▶ _YOUR ASSIGNMENT_: The expected output is each line in the data below that includes the string "IfOk".

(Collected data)
+-------+

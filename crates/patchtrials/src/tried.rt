use anyhow::anyhow;
use points::parameter::Parameter;

// What a line asks: the patch's degrees and allowance, where to cut it, where to take a point of the cut, a tolerance, and the places of the buffer.
#[derive(Clone, Copy)]
pub struct Tried {
    pub m: usize,
    pub n: usize,
    pub allowance: u16,
    pub s: Parameter,
    pub t: Parameter,
    pub tolerance: u16,
    pub places: usize,
}

// The numbers of a line, and the axis values after them.
pub fn tried_of(numbers: &[i32]) -> anyhow::Result<(Tried, &[i32])> {
    let [
        m,
        n,
        allowance,
        sa,
        sk,
        ta,
        tk,
        tolerance,
        places,
        values @ ..,
    ] = numbers
    else {
        return Err(anyhow!("a line of too few words"));
    };
    let tried = Tried {
        m: usize::try_from(*m)?,
        n: usize::try_from(*n)?,
        allowance: u16::try_from(*allowance)?,
        s: Parameter {
            a: u16::try_from(*sa)?,
            k: u8::try_from(*sk)?,
        },
        t: Parameter {
            a: u16::try_from(*ta)?,
            k: u8::try_from(*tk)?,
        },
        tolerance: u16::try_from(*tolerance)?,
        places: usize::try_from(*places)?,
    };
    Ok((tried, values))
}
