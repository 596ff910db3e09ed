// Cuts each patch of a table on standard input and prints what the cut tells and draws, what a pile over it draws, a point of it and its chords.
// A line is a kind, m, n, the allowance, a and k of s, a and k of t, the tolerance, the places of the buffer, and the axis values of the points, point after point.
#![tactic(auto)]

mod listing;
mod tried;

use listing::{MOST, WORKING, list_patch};
use points::height::Height;
use points::planar::Planar;
use points::sample::Sample;
use std::io::Read;
use tried::tried_of;

// A line has numbers of its own form in each trial. The name of a kind becomes a type here. Flattening takes always as many places, so they are arrays, of a
// size that is known for a kind by its name.
fn list_line(rt: &HostRuntime, line: &str) -> anyhow::Result<()> {
    let mut words = line.split_whitespace();
    let Some(kind) = words.next() else {
        return Ok(());
    };
    let numbers: Vec<i32> = words
        .map(|w| -> anyhow::Result<i32> { Ok(w.parse::<i32>()?) })
        .try_collect(rt.alloc())?;
    let (tried, values) = tried_of(numbers.as_slice())?;
    println!(rt; "{line}")?;
    match kind {
        "height" => {
            let origin = Height { z: 0 };
            list_patch(
                rt,
                tried,
                values,
                &mut [origin; WORKING],
                &mut [origin; MOST],
            )
        }
        "planar" => {
            let origin = Planar { x: 0, y: 0 };
            list_patch(
                rt,
                tried,
                values,
                &mut [origin; WORKING],
                &mut [origin; MOST],
            )
        }
        _ => {
            let origin = Sample {
                x: 0,
                y: 0,
                press: 0,
            };
            list_patch(
                rt,
                tried,
                values,
                &mut [origin; WORKING],
                &mut [origin; MOST],
            )
        }
    }
}

// Each trial reads a table of its own, and all of it before it answers: a table that is no text gives no answer, and a pipe is not read byte by byte.
fn main(rt: HostRuntime) -> anyhow::Result<()> {
    let mut text = String::new(rt.alloc());
    rt.stdin().read_to_string(&mut text)?;
    for line in text.as_str().lines() {
        list_line(&rt, line)?;
    }
    Ok(())
}
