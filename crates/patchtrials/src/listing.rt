use crate::tried::Tried;
use anyhow::anyhow;
use patches::patch::Patch;
use points::kind::{Kind, same};
use points::parameter::Parameter;
use sources::source::Source;
use sources::worked::Worked;
use std::io;
use surfaces::isoparametric::{isoparametric_flatten, isoparametric_point};
use tables::listing::{Axes, Storeyed};
use tables::made::{Made, first, points};
use workings::working::Working;

// The most points of a patch, and one more for a patch of too many; values of more are left out.
const PATCH: usize = 290;

// The most places of a buffer.
const PLACES: usize = 40;

// The places that flattening needs for any cut.
pub const WORKING: usize = 221;

// The most vertices that a flattening can have.
pub const MOST: usize = 4097;

// How many of the places from one on hold the mark.
fn marked<K: Kind>(places: &[K], from: usize, mark: &K) -> usize {
    places.iter().skip(from).filter(|p| same(*p, mark)).count()
}

// The points of a polygon, a line each.
fn list_polygon<K: Kind>(rt: &impl Print, buffer: &[K], size: usize) -> io::Result<()> {
    for p in buffer.iter().take(size) {
        println!(rt; "{}", Axes(p))?;
    }
    Ok(())
}

// What a source tells, what it draws on a buffer full of marks, and how many places past the reach, or of all when it refuses, still hold the mark.
fn list_source<S: Source>(
    rt: &HostRuntime,
    source: &S,
    places: usize,
    mark: S::K,
) -> anyhow::Result<()> {
    let mut buffer = vec![in rt.alloc(); mark; places]?;
    match source.survey() {
        Ok(s) => {
            println!(rt;
                "degree {} allowance {} reach {}",
                s.degree, s.allowance, s.reach
            )?
        }
        Err(f) => println!(rt; "{}", Storeyed(f))?,
    }
    let kept = match source.draw(buffer.as_mut_slice()) {
        Ok(s) => {
            list_polygon(rt, buffer.as_slice(), s.degree.saturating_add(1))?;
            marked(buffer.as_slice(), s.reach, &mark)
        }
        Err(f) => {
            println!(rt; "{}", Storeyed(f))?;
            marked(buffer.as_slice(), 0, &mark)
        }
    };
    println!(rt; "kept {kept}")?;
    Ok(())
}

// The point at t of the isoparametric curve at s, with its allowance.
fn list_isoparametric_point<K: Made>(
    rt: &HostRuntime,
    patch: &Patch<K>,
    tried: Tried,
) -> anyhow::Result<()> {
    let mut buffer = vec![in rt.alloc(); K::made(&[]); tried.places]?;
    match isoparametric_point(patch, tried.s, tried.t, buffer.as_mut_slice()) {
        Ok((p, allowance)) => println!(rt; "point allowance {allowance}:{}", Axes(&p))?,
        Err(f) => println!(rt; "{}", Storeyed(f))?,
    }
    Ok(())
}

// A vertex after its parameter times 4,096.
fn list_vertex<K: Kind>(rt: &impl Print, t: u16, p: &K) -> io::Result<()> {
    println!(rt; "{t}:{}", Axes(p))
}

// The vertices of the isoparametric curve at s, each after its parameter times 4,096. A trial of another call lists its own: one function for both would
// take the call, what stands between parameter and point, and how a refusal is printed.
fn list_chords<K: Kind>(
    rt: &HostRuntime,
    patch: &Patch<K>,
    tried: Tried,
    working: &mut [K],
    vertices: &mut [K],
) -> anyhow::Result<()> {
    let mut parameters = vec![in rt.alloc(); 0u16; MOST]?;
    match isoparametric_flatten(
        patch,
        tried.s,
        tried.tolerance,
        working,
        vertices,
        parameters.as_mut_slice(),
    ) {
        Ok(count) => {
            println!(rt; "{count} vertices")?;
            for (p, t) in vertices.iter().take(count).zip(parameters.iter()) {
                list_vertex(rt, *t, p)?;
            }
        }
        Err(f) => println!(rt; "{}", Storeyed(f))?,
    }
    Ok(())
}

// All that a line asks of the patch whose points the values are.
pub fn list_patch<K: Made>(
    rt: &HostRuntime,
    tried: Tried,
    values: &[i32],
    working: &mut [K],
    vertices: &mut [K],
) -> anyhow::Result<()> {
    if tried.places > PLACES {
        return Err(anyhow!("more points or places than the program has"));
    }
    let points: Vec<K> = points(rt.alloc(), first::<K>(values, PATCH))?;
    let patch = Patch {
        points: points.as_slice(),
        m: tried.m,
        n: tried.n,
        allowance: tried.allowance,
    };
    let mark = K::made(&[77, 77, 77]);
    list_source(rt, &patch.cut(tried.s), tried.places, mark)?;
    let half = Parameter { a: 1, k: 1 };
    let pile = Worked {
        below: Worked {
            below: patch.cut(tried.s),
            working: Working::Left(half),
        },
        working: Working::Raise,
    };
    list_source(rt, &pile, tried.places, mark)?;
    list_isoparametric_point(rt, &patch, tried)?;
    list_chords(rt, &patch, tried, working, vertices)
}
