//! Open lines become parts of the lines around them.
ghost use Rattle.std.specs.Prelude.{◌≡◌, ◌∷◌, [], true, length, map, IfOk, OnOk};
ghost use Rattle.scasp_cert.specs.View.{branch_of, tree_of};
ghost use Rattle.scasp_syntax.specs.declared.con.Con.{Con};
ghost use Rattle.scasp_answers_terms.specs.Tokens.Lines as lines;
ghost use Rattle.scasp_answers_lines.specs.Forms.View.{line_of};
ghost use Rattle.scasp_answers.specs.Blocks.Open as spec;
ghost use Rattle.scasp_answers.specs.Parts.View.{part_of, parts_in, open_of, listed_part, sides};

use crate::parts::among::{case_among, cases_among, covers_among, nodes_among};
use crate::parts::open_line::{Open, Part};
use scasp_answers_lines::Line;
use scasp_cert::{Case, Cover, Node};
use scasp_list::Memory;
use scasp_syntax::{Atom, Con, Terms};
use std::alloc::Global;

/// The rule with its case, where there is one.
fn cover_part(rule: u64, parts: Vec<Part>) -> Option<Part>
    requires { length parts.items ≡ 1 }
    ensures { listed_part result ≡ map (spec.cover_part rule) (spec.cases_among (parts_in parts.items)) }
{
    match case_among(parts) {
        Some(case) => Some(Part::Cover(Cover { rule, case })),
        None => None,
    }
}

/// The cases, where there are two.
#[tactic(auto, using(crate::proofs::PartsLemmas::PartLemmas::more_cases))]
fn both_of(cases: Vec<Case>) -> Option<(Case, Case)>
    ensures { (con : Con) → spec.split_part (lines.split_line con) (map branch_of cases.items) ≡ sides con result }
{
    let mut cases = cases;
    let second = cases.pop()?;
    let first = cases.pop()?;
    if cases.is_empty() {
        Some((first, second))
    } else {
        None
    }
}

/// Both sides of a split, where both are there.
fn split_part(alloc: Global, con: Con, parts: Vec<Part>) -> Result<Option<Part>, Memory>
    ensures { IfOk result (λ part. listed_part part ≡ spec.split_part (lines.split_line con) (spec.cases_among (parts_in parts.items))) }
{
    let cases = cases_among(alloc, parts)?;
    let Some((first, second)) = both_of(cases) else {
        return Ok(None);
    };
    let first = Box::new(alloc, first)?;
    let second = Box::new(alloc, second)?;
    Ok(Some(Part::Case(Case::Split { con, first, second })))
}

/// The node of an atom that a rule shows.
fn pos_part(
    alloc: Global,
    atom: Atom,
    rule: u64,
    terms: Terms,
    parts: Vec<Part>,
) -> Result<Option<Part>, Memory>
    ensures { IfOk result (λ part. listed_part part ≡ spec.parts_of (lines.pos_line atom rule terms) (parts_in parts.items)) }
{
    let children = nodes_among(alloc, parts)?;
    Ok(Some(Part::Node(Node::Pos {
        atom,
        rule,
        terms,
        children,
    })))
}

/// The node of a negated atom.
fn neg_part(alloc: Global, atom: Atom, parts: Vec<Part>) -> Result<Option<Part>, Memory>
    ensures { IfOk result (λ part. listed_part part ≡ spec.parts_of (lines.neg_line atom) (parts_in parts.items)) }
{
    let covers = covers_among(alloc, parts)?;
    Ok(Some(Part::Node(Node::Neg { atom, covers })))
}

/// The case that is left, up to this item.
fn leaf_part(alloc: Global, item: u64, parts: Vec<Part>) -> Result<Option<Part>, Memory>
    ensures { IfOk result (λ part. listed_part part ≡ spec.parts_of (lines.leaf_line item) (parts_in parts.items)) }
{
    let children = nodes_among(alloc, parts)?;
    Ok(Some(Part::Case(Case::Leaf { item, children })))
}

/// The case in which the head holds.
fn head_part(alloc: Global, parts: Vec<Part>) -> Result<Option<Part>, Memory>
    ensures { IfOk result (λ part. listed_part part ≡ spec.parts_of lines.head_line (parts_in parts.items)) }
{
    let children = nodes_among(alloc, parts)?;
    Ok(Some(Part::Case(Case::Head { children })))
}

/// The node, below which nothing stands.
fn node_part(node: Node, parts: Vec<Part>) -> Result<Option<Part>, Memory>
    ensures { IfOk result (λ part. listed_part part ≡ spec.node_part (tree_of node) ∷ []) }
{
    drop(parts);
    Ok(Some(Part::Node(node)))
}

/// The case, below which nothing stands.
fn case_part(case: Case, parts: Vec<Part>) -> Result<Option<Part>, Memory>
    ensures { IfOk result (λ part. listed_part part ≡ spec.case_part (branch_of case) ∷ []) }
{
    drop(parts);
    Ok(Some(Part::Case(case)))
}

impl Open {
    /// Puts the part behind those right below the line.
    pub fn put(&mut self, part: Part) -> Result<(), Memory>
        ensures { OnOk result (open_of self.new ≡ spec.with_parts (open_of self.old) (part_of part ∷ [])) }
    {
        self.parts.push(part)?;
        Ok(())
    }

    /// The part that the line is with the parts below it, if it is one.
    pub fn into_part(self, alloc: Global) -> Result<Option<Part>, Memory>
        requires { spec.is_whole (open_of self) ≡ true }
        ensures { IfOk result (λ part. listed_part part ≡ spec.parts_of (line_of self.line) (parts_in self.parts.items)) }
    {
        let Open { line, parts } = self;
        match line {
            Line::Pos(atom, rule, terms) => pos_part(alloc, atom, rule as u64, terms, parts),
            Line::Neg(atom) => neg_part(alloc, atom, parts),
            Line::Loop(lit, at) => node_part(Node::Loop { lit, at: at as u64 }, parts),
            Line::Seen(lit, at) => node_part(Node::Seen { lit, at: at as u64 }, parts),
            Line::Test(con, hint) => node_part(Node::Test { con, hint }, parts),
            Line::Rule(rule) => Ok(cover_part(rule as u64, parts)),
            Line::Split(con) => split_part(alloc, con, parts),
            Line::Void(hint) => case_part(Case::Void { hint }, parts),
            Line::Leaf(item) => leaf_part(alloc, item as u64, parts),
            Line::Head => head_part(alloc, parts),
            Line::Header(_)
            | Line::Ending(_, _)
            | Line::Rejected(_, _, _, _)
            | Line::Answer(_, _, _)
            | Line::Given(_)
            | Line::Sample(_)
            | Line::Tree
            | Line::Check(_)
            | Line::Clash(_)
            | Line::Map(_)
            | Line::End => {
                drop(line);
                drop(parts);
                Ok(None)
            }
        }
    }
}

+-------+

▶ _ANSWER TO THE EXERCISE_:
ghost use Rattle.std.specs.Prelude.{◌≡◌, ◌∷◌, [], true, length, map, IfOk, OnOk};
    ensures { IfOk result (λ part. listed_part part ≡ spec.split_part (lines.split_line con) (spec.cases_among (parts_in parts.items))) }
    ensures { IfOk result (λ part. listed_part part ≡ spec.parts_of (lines.pos_line atom rule terms) (parts_in parts.items)) }
    ensures { IfOk result (λ part. listed_part part ≡ spec.parts_of (lines.neg_line atom) (parts_in parts.items)) }
    ensures { IfOk result (λ part. listed_part part ≡ spec.parts_of (lines.leaf_line item) (parts_in parts.items)) }
    ensures { IfOk result (λ part. listed_part part ≡ spec.parts_of lines.head_line (parts_in parts.items)) }
    ensures { IfOk result (λ part. listed_part part ≡ spec.node_part (tree_of node) ∷ []) }
    ensures { IfOk result (λ part. listed_part part ≡ spec.case_part (branch_of case) ∷ []) }
        ensures { IfOk result (λ part. listed_part part ≡ spec.parts_of (line_of self.line) (parts_in self.parts.items)) }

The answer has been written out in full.